As before, the query defines the CTE named april_may_sales as a virtual table containing the average sales for April and May.

It then defines a new CTE named comparison, which contains a comparison of the June totals by customer against the contents of april_may_sales.

Finally, the main query combines the data in the comparison virtual table with data from the customer table.

The result set looks like this:

customer_id	name	age	state	prev_avg	jun_total	percent_change
1	John Smith	30	KY	450.00	700.00	55.56
88	Tinashe Mpofu	50	ID	425.00	500.00	17.65
345	Jennifer Perry	26	HI	125.00	750.00	500.00

PostgreSQL CTE in Data Manipulation Language

Let’s now look at data manipulation statements like INSERT, UPDATE, and DELETE.

One of the limitations of CTEs is that you can’t use them directly in place of a value in an UPDATE statement in the same way that you can with a subquery.

Let’s say you wanted to update the balance in the customer table by adding in the value of all the June orders. With ordinary subqueries, you can do something like this:

UPDATE customer 
SET balance = balance + 
(select SUM(value) FROM order_summary 
WHERE customer.customer_id = order_summary.customer_id
   AND EXTRACT (MONTH from order_date) = 6);

You can’t do that with a CTE. What you can do, however, is use the following syntax:

WITH cte_name AS (select_statement)
UPDATE tablename 
SET column_name_1 = column_name_2
FROM cte_name 
WHERE join_clause;

cte_name is the name you’ll use to refer to the ‘table’ created by the CTE.
select_statement is the statement you’ll use to populate the CTE.
column_name_1 is the column name in the main table that you want updated.
column_name_2 is the column name in your CTE that you’ll use to set the new value.
join_clause specifies the condition you’ll use to join the two tables.

The following query adds the total June orders from the order_summary table to the balance in the customer table:

WITH june_total AS
(SELECT 
   customer_id, 
   SUM(value) AS jun_tot
 FROM order_summary WHERE EXTRACT(MONTH FROM order_date) = 6
 GROUP BY customer_id
)
UPDATE customer
SET balance = balance + jun_tot
FROM june_total 
WHERE customer.customer_id = june_total.customer_id;

First, the WITH clause creates a pseudo-table named june_total. It contains totals by customer_id of orders where the month of order_date is 6.

Next, the column jun_tot from this table is used to increase the balance where customer_id matches between the two tables.

The table customer now contains the following data:

customer_id	name	date_of_birth	state	balance
1	John Smith	5/7/1994	KY	1000
2	Shamila Patel	14/3/2006	CT	1000
88	Tinashe Mpofu	17/4/1974	ID	500
345	Jennifer Perry	21/10/1998	HI	850
657	Sarah Jones	25/4/1984	KY	570

You can also use CTEs to insert or delete rows in the same way.

Recursive Queries

Recursive queries are a feature of CTEs. These queries let you loop from a single base query to repetitively carry out a specified task. They are especially useful for querying hierarchical data such as organizational structures and bills of materials.

A full cover of recursive queries is beyond the scope of this article. We’ll just look at the syntax and a simple example. For more details, have a look at What Is a Recursive CTE in SQL, which gives a full explanation and several examples.
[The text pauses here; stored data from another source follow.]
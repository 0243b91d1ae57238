// Frames, as C calls them.
ghost use Rattle.std.specs.Prelude.{◌≡◌, length};
ghost use Rattle.refusals.specs.Told.{told, single};
ghost use Rattle.refusals.specs.Codes.{told_code};
ghost use Rattle.checks.specs.Check.{check_of};
ghost use Rattle.frames.specs.Master.{master_read, master_write, master_write_out};
ghost use Rattle.frames.specs.Slave.{slave_read, slave_read_out, slave_write, slave_write_out};
ghost use Rattle.mvb.specs.Values.{OneSmallValue};

use refusals::Refusal;

// The answer of a call that fills a lent output. A frame has few bytes, so the number fits. `ports` has the like: one for
// both would be a public function with a promise of its own.
fn code_of(answer: Result<usize, Refusal>) -> u32
    requires { OneSmallValue (told single answer) }
    ensures { told_code result ≡ told single answer }
{
    match answer {
        Ok(bytes) => bytes as u32,
        Err(refusal) => refusal.code(),
    }
}

pub fn mvb_check_of(block: &[u8]) -> u32
    ensures { result ≡ check_of block.now }
{
    checks::check_of(block) as u32
}

#[tactic(auto, using(refusals::proofs::Codes::value_told, refusals::proofs::Codes::refusal_told))]
pub fn mvb_master_read(frame: &[u8]) -> u32
    ensures { told_code result ≡ master_read frame.now }
{
    match frames::master_read(frame) {
        Ok(word) => word as u32,
        Err(refusal) => refusal.code(),
    }
}

pub fn mvb_master_write(word: u16, out: &mut [u8]) -> u32
    ensures { (told_code result ≡ master_write word (length out.old)) × (out.new ≡ master_write_out word out.old) }
{
    code_of(frames::master_write(word, out))
}

pub fn mvb_slave_read(f_code: u8, frame: &[u8], out: &mut [u8]) -> u32
    ensures { (told_code result ≡ slave_read f_code frame.now (length out.old)) × (out.new ≡ slave_read_out f_code frame.now out.old) }
{
    code_of(frames::slave_read(f_code, frame, out))
}

pub fn mvb_slave_write(f_code: u8, data: &[u8], out: &mut [u8]) -> u32
    ensures { (told_code result ≡ slave_write f_code «data».now (length out.old)) × (out.new ≡ slave_write_out f_code «data».now out.old) }
{
    code_of(frames::slave_write(f_code, data, out))
}
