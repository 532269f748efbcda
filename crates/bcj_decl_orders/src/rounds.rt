ghost use Rattle.std.specs.Prelude.{◌≡◌, ◌<◌, length, OnOk};
ghost use Rattle.std.specs.List.{list_all};
ghost use Rattle.bcj_decl_rules.specs.function.Above.{IsAcyclic};
ghost use Rattle.bcj_decl_table.specs.Views.{world_in};
ghost use Rattle.bcj_decl_orders.specs.Orders.{AreOrders};
ghost use Rattle.bcj_decl_orders.specs.Rounds.{is_done, are_done, AreRight, StayDone, IsMade, IsInRound};

use crate::gather::{Places, gather};
use bcj_decl_listing::Listing;
use bcj_names::Name;
use std::alloc::{AllocError, Global};

fn is_name_done(listing: &Listing, done: &[bool], name: &Name) -> bool
    ensures { result ≡ is_done (world_in listing.now.types) done.now name.now }
{
    match listing.place(name) {
        None => true,
        Some(place) => matches!(done.get(place), Some(true)),
    }
}

fn are_names_done(listing: &Listing, done: &[bool], names: &[Name]) -> bool
    ensures { result ≡ are_done (world_in listing.now.types) done.now names.now }
{
    names.iter().all(|name| is_name_done(listing, done, name))
}

fn are_all_done(done: &[bool]) -> bool
    ensures { result ≡ list_all (λ d. d) done.now }
{
    done.iter().all(|d| *d)
}

/// Lists the superinterfaces of the type at a place, where theirs are listed.
fn visit(
    alloc: Global,
    listing: &Listing,
    lists: &mut [Places],
    done: &mut [bool],
    place: usize,
) -> Result<(), AllocError>
    requires acyclic { IsAcyclic (world_in listing.now.types) }
    requires within { place < length listing.now.types }
    requires lists_of_all { length lists.old ≡ length listing.now.types }
    requires flags_of_all { length done.old ≡ length listing.now.types }
    requires right { AreRight (world_in listing.now.types) lists.old done.old }
    ensures right { OnOk result (AreRight (world_in listing.now.types) lists.new done.new) }
    ensures stay { OnOk result (StayDone done.old done.new) }
    ensures made { OnOk result (IsMade (world_in listing.now.types) done.old done.new place) }
{
    let names = listing.as_slice()[place].head.interfaces.as_slice();
    if done[place] || !are_names_done(listing, done, names) {
        return Ok(());
    }
    lists[place] = gather(alloc, listing, lists, names)?;
    done[place] = true;
    Ok(())
}

/// Visits each type once.
fn round(
    alloc: Global,
    listing: &Listing,
    lists: &mut [Places],
    done: &mut [bool],
) -> Result<(), AllocError>
    requires acyclic { IsAcyclic (world_in listing.now.types) }
    requires lists_of_all { length lists.old ≡ length listing.now.types }
    requires flags_of_all { length done.old ≡ length listing.now.types }
    requires right { AreRight (world_in listing.now.types) lists.old done.old }
    ensures { OnOk result (IsInRound (world_in listing.now.types) done.old lists.new done.new (length listing.now.types)) }
{
    for place in 0..listing.len() {
        visit(alloc, listing, lists, done, place)?;
    }
    Ok(())
}

/// Goes round until all types have their lists: one round for types without superinterfaces, and a further one for each type that
/// stands before one of its superinterfaces on the longest way up.
pub fn run(
    alloc: Global,
    listing: &Listing,
    lists: &mut [Places],
    done: &mut [bool],
) -> Result<(), AllocError>
    requires acyclic { IsAcyclic (world_in listing.now.types) }
    requires lists_of_all { length lists.old ≡ length listing.now.types }
    requires flags_of_all { length done.old ≡ length listing.now.types }
    requires right { AreRight (world_in listing.now.types) lists.old done.old }
    ensures { OnOk result (AreOrders (world_in listing.now.types) lists.new) }
{
    for _ in 0..listing.len() {
        if are_all_done(done) {
            return Ok(());
        }
        round(alloc, listing, lists, done)?;
    }
    round(alloc, listing, lists, done)?;
    Ok(())
}
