//! Members of a part of an image, one behind the other.

ghost use Rattle.std.specs.Prelude.{◌≡◌, zero, suc, IfOk};
ghost use Rattle.bcj_layout_places.specs.Parts.{IsPart, AreDispatchRows};

use crate::adding::behind;
use bcj_symbolic_trees::Sequence;
use std::alloc::{AllocError, Global};

/// Words of 32 bits: addresses, or the contents of memory.
pub type Words = Sequence<u32>;

/// The addresses of members, and the one where the next part begins.
#[derive(Drop)]
pub struct Part {
    pub places: Words,
    pub next: u32,
}

/// Members of so many words, with one place more behind them.
pub fn place_all(alloc: Global, at: u32, sizes: &[u32]) -> Result<Part, AllocError>
    ensures { IfOk result (IsPart at sizes.now) }
{
    let mut places = Sequence::new(alloc);
    let mut next = at;
    for words in sizes {
        places.push(next)?;
        next = behind(next, *words)?;
    }
    places.push(next)?;
    Ok(Part { places, next })
}

/// The empty row for one of no words, else its own.
fn row_place(empty: u32, own: u32, words: u32) -> u32
    ensures { result ≡ (elim words [ zero ↦ empty | suc n ↦ own ]) }
{
    match words {
        0 => empty,
        _ => own,
    }
}

/// Dispatch rows of so many words, where the empty one stands for those that have none.
pub fn dispatch_rows(alloc: Global, empty: u32, own: u32, sizes: &[u32]) -> Result<Part, AllocError>
    ensures { IfOk result (AreDispatchRows empty own sizes.now) }
{
    let mut places = Sequence::new(alloc);
    let mut next = own;
    for words in sizes {
        places.push(row_place(empty, next, *words))?;
        next = behind(next, *words)?;
    }
    Ok(Part { places, next })
}
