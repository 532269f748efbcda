//! The superinterfaces of each type of a world, and that searches of a world end.
#![tactic(auto)]

ghost use Rattle.bcj_decl_orders.specs.Laws as law;

mod gather;
mod rounds;
mod superinterfaces;

pub use gather::Places;
pub use superinterfaces::{Orders, orders, places_above};

/// Where nothing is refused, no type stands above itself (JLS 8.1.4, 9.1.3).
pub fn declared_worlds_are_acyclic()
    ensures { law.DeclaredWorldsAreAcyclic }
{}

/// Where no type stands above itself, a search with as many steps as the world has types finds all.
pub fn searches_end()
    ensures types { law.TypesAboveEnd }
    ensures classes { law.SuperclassesEnd }
    ensures interfaces { law.InterfacesEnd }
{}
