/// The value of a constant expression (JLS 15.28).
#[derive(Clone, Copy)]
pub enum Value {
    Int(i32),
    Bool(bool),
}
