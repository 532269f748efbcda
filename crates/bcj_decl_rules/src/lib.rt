//! The declared world that typing asks (JLS 6, 8, 9, 15.12.2, 15.28): definitions, and the values of constants.
#![tactic(auto)]

mod value;

pub use value::Value;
The syntax of recursive queries in PostgreSQL is:

WITH RECURSIVE cte_name AS 
(query_1 UNION query_2)
query_3;

The keyword RECURSIVE indicates that this is a recursive query.
query_1 is the base query, or starting point. For example, suppose you’re working with an organizational structure. In that case, query_1 could be a query that selects the top-level manager from an employee file.
query_2 is the recursive query. This query will be repeated until no more rows meet the criteria specified in the WHERE It can reference the last row added to the result set to pick up data. This could be used to find all employees who report to a manager.
UNION combines the results. If you use UNION ALL, duplicates will be retained; otherwise they will be omitted.
query_3 is used to return the final result set. It can reference the virtual table created by the CTE.

Let’s think about an example of an employee table where employee records have a field identifying the manager they report to. What actually happens if you use a recursive query to navigate this hierarchy?

The results of the base query are added to the virtual table. The base query extracts the employee record of the CEO. The database engine then uses this row to find all rows that match the criteria of the recursive part of the query. This will be all employees who report directly to the top-level manager.

For each of these records in turn, the engine will find all employees who report to that person. This is repeated until there are no more employees who meet the condition.

Let’s look at a simple example. A firm of IT consultants has several ongoing projects, and their policy is to schedule weekly progress meetings for each project. A table named projects holds details of new projects. A sample from this table looks like this:

proj_name	start_date	end_date	meet_day	meet_time
Online Shopping	2024-05-01	2024-08-29	2	09:00
Customer Migration	2024-04-01	2024-05-16	4	15:00

The firm wants to create details of scheduled meetings in a table named meetings; this information will be used to send out reminders and book a venue each week. The column meet_day holds the day of the week when meetings will be scheduled. It’s stored as a day number within the week, where 0 represents Sunday.

You could achieve this with the following recursive query:

WITH RECURSIVE date_list
   (proj_name, meet_date, end_date, meet_day, meet_time)
AS (
    SELECT proj_name, start_date, end_date, meet_day, meet_time
	FROM projects
    UNION ALL
    SELECT 
proj_name, 
meet_date + 1,
	end_date, 
meet_day, 
meet_time
    FROM date_list
    WHERE meet_date + 1 <= end_date
	
)
INSERT INTO meetings
SELECT proj_name, meet_date, meet_time
FROM date_list 
WHERE meet_day = EXTRACT (DOW from meet_date)
ORDER BY proj_name, meet_date;

After the query has run, the table meetings holds the following data:

proj_name	meet_date	meet_time
Customer Migration	2024-04-03	15:00:00
Customer Migration	2024-04-10	15:00:00
Customer Migration	2024-04-17	15:00:00
Customer Migration	2024-04-24	15:00:00
Customer Migration	2024-05-01	15:00:00
Customer Migration	2024-05-08	15:00:00
Customer Migration	2024-05-15	15:00:00
Online Shopping	2024-05-07	09:00:00
Online Shopping	2024-05-14	09:00:00
Online Shopping	2024-05-21	09:00:00
Online Shopping	2024-05-28	09:00:00
Online Shopping	2024-06-04	09:00:00
Online Shopping	2024-06-11	09:00:00
Online Shopping	2024-06-18	09:00:00
Online Shopping	2024-06-25	09:00:00
Online Shopping	2024-07-02	09:00:00
Online Shopping	2024-07-09	09:00:00
Online Shopping	2024-07-16	09:00:00
Online Shopping	2024-07-23	09:00:00
Online Shopping	2024-07-30	09:00:00
Online Shopping	2024-08-06	09:00:00
Online Shopping	2024-08-13	09:00:00
Online Shopping	2024-08-20	09:00:00
Online Shopping	2024-08-27	09:00:00

Let’s break the query up and look at what it actually does.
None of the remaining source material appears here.